His thoughts went to the what he had to do. More precisely: to the situation he knew he was going to find down in the second floor.
The blue humanoid soldiers from the castle were many, and they were undoubtedly strong. Strong enough to have utterly defeated all other regions of the valley in a matter of hours rather than days, all more or less at the same time. Given the level of threat of even the Ice King, and given Michael’s suspicion that the other regions hosted stronger monsters and bosses…
Yeah, they are a problem.
Most of all, according to his scouts the enemy seemed to be organized in ranks with soldiers and elites. The soldiers had already been scary enough when they had encircled him, towering over him with their superior height and covered in metal armor. What of their elites then? What of their leader, the boss of the castle? It was supposed the be the last region, Michael suspected, and thus the hardest.
Without Drullkrin…
He shook his head, heading into the dungeon once again. Whether he was ready or not, tomorrow he would challenge the second floor.
***
Why is the second floor so hard?
Michael mulled over the question as he hiked once again to the dungeon. His mind was too preoccupied with what he would find there to do any real work in the outside world today, and thus he had elected to skip his duties for once and head to the dungeon directly. He had his supply of coins smartly concealed in many hiding places all over his body, clothing and backpack, and he felt as ready as he ever could.
The hike felt longer than usual. It had been a while since he hiked in the morning, and the shadows looked all wrong. They were facing the wrong way, because the sun was still in its early arc in the sky rather than heading down towards the horizon.
The eeriness crept up on him as his mind wandered. He wondered: did other people also experience a challenging second floor, or was he special? Surely the rewards would be worth the pain, assuming he managed to come out alive. But what of other people?

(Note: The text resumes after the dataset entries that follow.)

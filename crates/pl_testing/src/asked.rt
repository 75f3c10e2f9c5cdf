//! Tables of what is asked of a kernel, and what it is to answer.
use bitflags::Flags;
use pl_model::{
    Bytes8, Call, Errno, MaskList, Mode, Name, OpenFlags, Outcome, PollList, PollMask, Reply,
    SpliceFlags, Step, Whence,
};
use std::alloc::{AllocError, Allocator};
use std::test::Fail;

/// The number that no call gets.
pub const NEVER_GIVEN: u64 = 18_446_744_073_709_551_615;

/// Bytes that are still to be made, at most 16,777,216 of them.
#[derive(Clone, Copy)]
pub enum Data {
    Text(&'static str),
    /// The byte, so many times.
    Many(u8, usize),
    /// The first byte, so many times, and then the second, so many times.
    TwoRuns(u8, usize, u8, usize),
    /// From a place on, so many bytes of a text without end, whose byte at each place is the place's remainder by 251.
    Part(usize, usize),
}

/// A step whose bytes are still to be made. A call names its process, then its descriptor or the name of a file or FIFO, and a
/// read the most bytes that it takes; `PacketPipe` makes a pipe with `direct` (pipe(2), O_DIRECT); `Splice` names each of its two
/// descriptors with the offset that is given for it, and then, as `Tee` does behind the two, the most bytes that go over and the flags;
/// a poll names each of its descriptors with all that is asked of it; `Dup2` names its target last, `DupFd` the least descriptor,
/// `SetFl` the flags, and `SetPipeSz` the size. `Resume` and `Interrupt` name a parked call by its number.
#[derive(Clone, Copy)]
pub enum Ask {
    Start,
    Resume(u64),
    Interrupt(u64),
    Pipe(u32),
    PipeNonblock(u32),
    PacketPipe(u32),
    PacketPipeNonblock(u32),
    Mkfifo(u32, Data),
    Open(u32, Data, Mode, &'static [OpenFlags]),
    Read(u32, i32, u32),
    Write(u32, i32, Data),
    Splice(u32, (i32, Option<u64>), (i32, Option<u64>), u32, &'static [SpliceFlags]),
    Tee(u32, i32, i32, u32, &'static [SpliceFlags]),
    PollNow(u32, &'static [(i32, &'static [PollMask])]),
    PollWait(u32, &'static [(i32, &'static [PollMask])]),
    Dup(u32, i32),
    Dup2(u32, i32, i32),
    DupFd(u32, i32, i32),
    Close(u32, i32),
    Lseek(u32, i32, i64, Whence),
    GetFl(u32, i32),
    SetFl(u32, i32, &'static [OpenFlags]),
    GetPipeSz(u32, i32),
    SetPipeSz(u32, i32, u32),
    Unlink(u32, Data),
    Fork(u32),
    Exit(u32),
}

/// A reply whose bytes are still to be made.
#[derive(Clone, Copy)]
pub enum Want {
    Pid(u32),
    Fd(i32),
    Fds(i32, i32),
    Count(u32),
    /// The count of a write whose rest nobody can read.
    CountSigpipe(u32),
    Bytes(Data),
    Offset(u64),
    Flags(Mode, &'static [OpenFlags]),
    Size(u32),
    /// How many masks aren't empty, and all masks.
    Masks(u32, &'static [&'static [PollMask]]),
    Unit,
    Fault(Errno),
    Parked(u64),
    NoProcess,
    NoCall,
    CallsSpent,
}

/// The first byte, so many times, and then the second, so many times.
fn two_runs<A: Allocator>(
    alloc: A,
    first: u8,
    times: usize,
    second: u8,
    more: usize,
) -> Result<Vec<u8, A>, AllocError> {
    let mut bytes = Vec::from_elem(alloc, first, times)?;
    for _place in 0..more {
        bytes.push(second)?;
    }
    Ok(bytes)
}

/// From a place on, so many bytes of the text without end.
fn part<A: Allocator>(alloc: A, from: usize, count: usize) -> Result<Vec<u8, A>, AllocError> {
    let mut bytes = Vec::with_capacity(alloc, count)?;
    for i in 0..count {
        bytes.push((from.wrapping_add(i) % 251) as u8)?;
    }
    Ok(bytes)
}

impl Data {
    fn list<A: Allocator>(self, alloc: A) -> Result<Vec<u8, A>, AllocError> {
        match self {
            Data::Text(text) => Vec::from_slice(alloc, text.as_bytes()),
            Data::Many(byte, times) => Vec::from_elem(alloc, byte, times),
            Data::TwoRuns(first, times, second, more) => {
                two_runs(alloc, first, times, second, more)
            }
            Data::Part(from, count) => part(alloc, from, count),
        }
    }

    pub(crate) fn bytes<A: Allocator>(self, alloc: A) -> Result<Bytes8<A>, Fail> {
        let bytes = self.list(alloc)?;
        Ok(Bytes8::from_vec(bytes).ok_or("more bytes than a call moves")?)
    }

    /// The name of these bytes, in memory of `alloc`. It fails where there is no memory.
    pub fn name<A: Allocator>(self, alloc: A) -> Result<Name<A>, Fail> {
        Ok(Name::from_vec(self.list(alloc)?))
    }
}

/// All flags of the list.
fn all_of<F: Flags + Copy>(flags: &[F]) -> F {
    let mut all = F::empty();
    for flag in flags {
        all = all.union(*flag);
    }
    all
}

/// The entries of a poll.
fn entries_of<A: Allocator>(alloc: A, asks: &[(i32, &[PollMask])]) -> Result<PollList<A>, Fail> {
    let mut entries = Vec::new(alloc);
    for (fd, masks) in asks {
        entries.push((*fd, all_of(masks)))?;
    }
    Ok(PollList::from_vec(entries))
}

/// What a poll found.
fn masks_of<A: Allocator>(alloc: A, found: &[&[PollMask]]) -> Result<MaskList<A>, Fail> {
    let mut masks = Vec::new(alloc);
    for mask in found {
        masks.push(all_of(mask))?;
    }
    Ok(MaskList::from_vec(masks))
}

/// A pipe is made.
fn pipe<A: Allocator>(pid: u32, nonblock: bool, direct: bool) -> Step<A> {
    Step::Begin(pid, Call::Pipe { nonblock, direct })
}

impl Ask {
    /// What a failure calls the step.
    pub(crate) fn kind(self) -> &'static str {
        match self {
            Ask::Start => "Start",
            Ask::Resume(..) => "Resume",
            Ask::Interrupt(..) => "Interrupt",
            Ask::Pipe(..) => "Pipe",
            Ask::PipeNonblock(..) => "PipeNonblock",
            Ask::PacketPipe(..) => "PacketPipe",
            Ask::PacketPipeNonblock(..) => "PacketPipeNonblock",
            Ask::Mkfifo(..) => "Mkfifo",
            Ask::Open(..) => "Open",
            Ask::Read(..) => "Read",
            Ask::Write(..) => "Write",
            Ask::Splice(..) => "Splice",
            Ask::Tee(..) => "Tee",
            Ask::PollNow(..) => "PollNow",
            Ask::PollWait(..) => "PollWait",
            Ask::Dup(..) => "Dup",
            Ask::Dup2(..) => "Dup2",
            Ask::DupFd(..) => "DupFd",
            Ask::Close(..) => "Close",
            Ask::Lseek(..) => "Lseek",
            Ask::GetFl(..) => "GetFl",
            Ask::SetFl(..) => "SetFl",
            Ask::GetPipeSz(..) => "GetPipeSz",
            Ask::SetPipeSz(..) => "SetPipeSz",
            Ask::Unlink(..) => "Unlink",
            Ask::Fork(..) => "Fork",
            Ask::Exit(..) => "Exit",
        }
    }

    /// The step, with its bytes in memory of `alloc`. It fails where there is no memory, and at more than 16,777,216 bytes.
    pub fn step<A: Allocator>(self, alloc: A) -> Result<Step<A>, Fail> {
        Ok(match self {
            Ask::Start => Step::Start,
            Ask::Resume(call) => Step::Resume(call),
            Ask::Interrupt(call) => Step::Interrupt(call),
            Ask::Pipe(pid) => pipe(pid, false, false),
            Ask::PipeNonblock(pid) => pipe(pid, true, false),
            Ask::PacketPipe(pid) => pipe(pid, false, true),
            Ask::PacketPipeNonblock(pid) => pipe(pid, true, true),
            Ask::Mkfifo(pid, name) => {
                let name = name.name(alloc)?;
                Step::Begin(pid, Call::Mkfifo { name })
            }
            Ask::Open(pid, name, mode, flags) => {
                let name = name.name(alloc)?;
                let flags = all_of(flags);
                Step::Begin(pid, Call::OpenName { name, mode, flags })
            }
            Ask::Read(pid, fd, n) => Step::Begin(pid, Call::Read { fd, n }),
            Ask::Write(pid, fd, data) => {
                let bytes = data.bytes(alloc)?;
                Step::Begin(pid, Call::Write { fd, bytes })
            }
            Ask::Splice(pid, (from, from_offset), (to, to_offset), len, flags) => {
                let flags = all_of(flags);
                Step::Begin(
                    pid,
                    Call::Splice {
                        from,
                        from_offset,
                        to,
                        to_offset,
                        len,
                        flags,
                    },
                )
            }
            Ask::Tee(pid, from, to, len, flags) => {
                let flags = all_of(flags);
                Step::Begin(
                    pid,
                    Call::Tee {
                        from,
                        to,
                        len,
                        flags,
                    },
                )
            }
            Ask::PollNow(pid, asks) => {
                let entries = entries_of(alloc, asks)?;
                Step::Begin(
                    pid,
                    Call::Poll {
                        entries,
                        wait: false,
                    },
                )
            }
            Ask::PollWait(pid, asks) => {
                let entries = entries_of(alloc, asks)?;
                Step::Begin(
                    pid,
                    Call::Poll {
                        entries,
                        wait: true,
                    },
                )
            }
            Ask::Dup(pid, fd) => Step::Begin(pid, Call::Dup { fd }),
            Ask::Dup2(pid, fd, target) => Step::Begin(pid, Call::Dup2 { fd, target }),
            Ask::DupFd(pid, fd, least) => Step::Begin(pid, Call::DupFd { fd, least }),
            Ask::Close(pid, fd) => Step::Begin(pid, Call::Close { fd }),
            Ask::Lseek(pid, fd, offset, whence) => {
                Step::Begin(pid, Call::Lseek { fd, offset, whence })
            }
            Ask::GetFl(pid, fd) => Step::Begin(pid, Call::GetFl { fd }),
            Ask::SetFl(pid, fd, flags) => {
                let flags = all_of(flags);
                Step::Begin(pid, Call::SetFl { fd, flags })
            }
            Ask::GetPipeSz(pid, fd) => Step::Begin(pid, Call::GetPipeSz { fd }),
            Ask::SetPipeSz(pid, fd, size) => Step::Begin(pid, Call::SetPipeSz { fd, size }),
            Ask::Unlink(pid, name) => {
                let name = name.name(alloc)?;
                Step::Begin(pid, Call::Unlink { name })
            }
            Ask::Fork(pid) => Step::Begin(pid, Call::Fork),
            Ask::Exit(pid) => Step::Begin(pid, Call::Exit),
        })
    }
}

impl Want {
    /// The reply, with its bytes in memory of `alloc`. It fails where there is no memory, and at more than 16,777,216 bytes.
    pub fn reply<A: Allocator>(self, alloc: A) -> Result<Reply<A>, Fail> {
        Ok(match self {
            Want::Pid(pid) => Reply::Pid(pid),
            Want::Fd(fd) => Reply::Fd(fd),
            Want::Fds(first, second) => Reply::Fds(first, second),
            Want::Count(n) => Reply::Count { n, sigpipe: false },
            Want::CountSigpipe(n) => Reply::Count { n, sigpipe: true },
            Want::Bytes(data) => Reply::Bytes(data.bytes(alloc)?),
            Want::Offset(offset) => Reply::Offset(offset),
            Want::Flags(mode, flags) => {
                let flags = all_of(flags);
                Reply::Flags { mode, flags }
            }
            Want::Size(size) => Reply::Size(size),
            Want::Masks(ready, found) => {
                let masks = masks_of(alloc, found)?;
                Reply::Masks { ready, masks }
            }
            Want::Unit => Reply::Unit,
            Want::Fault(errno) => Reply::Fault(errno),
            Want::Parked(call) => Reply::Parked(call),
            Want::NoProcess => Reply::NoProcess,
            Want::NoCall => Reply::NoCall,
            Want::CallsSpent => Reply::CallsSpent,
        })
    }

    /// What a step comes to that answers this. It fails where there is no memory, and at more than 16,777,216 bytes.
    pub fn outcome<A: Allocator>(self, alloc: A) -> Result<Outcome<A>, Fail> {
        Ok(Outcome::Replied(self.reply(alloc)?))
    }
}

/// The steps of the table, with their bytes in memory of `alloc`. It fails where there is none, and at more than 16,777,216
/// bytes.
pub fn steps_of<A: Allocator + Copy>(
    alloc: A,
    rows: &[(Ask, Want)],
) -> Result<Vec<Step<A>, A>, Fail> {
    let mut steps = Vec::new(alloc);
    for (ask, _) in rows {
        steps.push(ask.step(alloc)?)?;
    }
    Ok(steps)
}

How would a steady and constant difficulty ramp-up compare to the sharp increase he was experiencing?
In the end, he did not have answers. Travis’ men were crawling the web, among other things they were doing to help him, and Old Dave was working hard to build an intelligence division they could call their own so that they would not have to use Travis’ resources anymore. With the billionaire CEO’s help, of course. Take what you can.
Still, there wasn’t much. And what little there was, they were still in the process of figuring out whether it was made up role-play stuff or real stuff. It was a harder job than Michael initially thought. Funny enough, it seemed that building a temporary headquarters for a pseudo military security force in his new property was a quicker deal than verifying internet rumours.
With that, his thoughts gravitated towards his talk with Old Dave and Travis. About the company. The name and the vision for the company. What he wanted to do with it and with the world.
Something magical? Blue flame enterprises? Black flame? Roaring dragon? They all feel so cheap and cringy… and what about the vision? What do I want to do?
He thought about it harder than ever before. He couldn’t procrastinate it for much longer. Adult responsibilities were creeping up on his adolescent life, after all. Dungeon diving? Slaying monsters? That’s video game stuff, turned real. Managing a company? Now that was a real boss fight.
He wanted to dismiss his mentors’ claims that he could influence the world. He wanted to tell them that he was just a nobody. But that wasn’t true, was it?
A fresh breath of mana-rich air told Michael that he was approaching his destination. Nature was thriving despite the little rain, the grass green and rich compared to the yellowing strands he saw on his way here. The influence of mana, perhaps? The shapes were more tangible and real than usual today, the little creatures moving in and out of reality. Blobs of mana they were, and now that he had a new skill to commune with spirits he could almost feel their presence through it. But they weren’t the same spirits that his skill called to, just similar.
He checked his GPS and noted that he could feel mana from exactly 2 miles away from the cave. A sharp increase over the 1.6 miles of a few days ago, one that refused to fit any curve he could come up with.
In the end, he put all of that aside when he reached the cave. Inside the dungeon, none of this mattered. Not the ever-expanding cloud of mana around it. Not the company. Not the world. He could, for a while, forget about adult business.
It was Michael against whatever dangers and challenges the dungeon threw at him. Michael had wondered about why the dungeon was doing this. Why it existed. Why it tried to kill him while at the same time granting him the power to survive.
But none of it mattered when he was inside either. They were all thoughts that kept him up at night at his shitty apartment, but never as he camped in the forest of the second floor of the dungeon. Go figure out why.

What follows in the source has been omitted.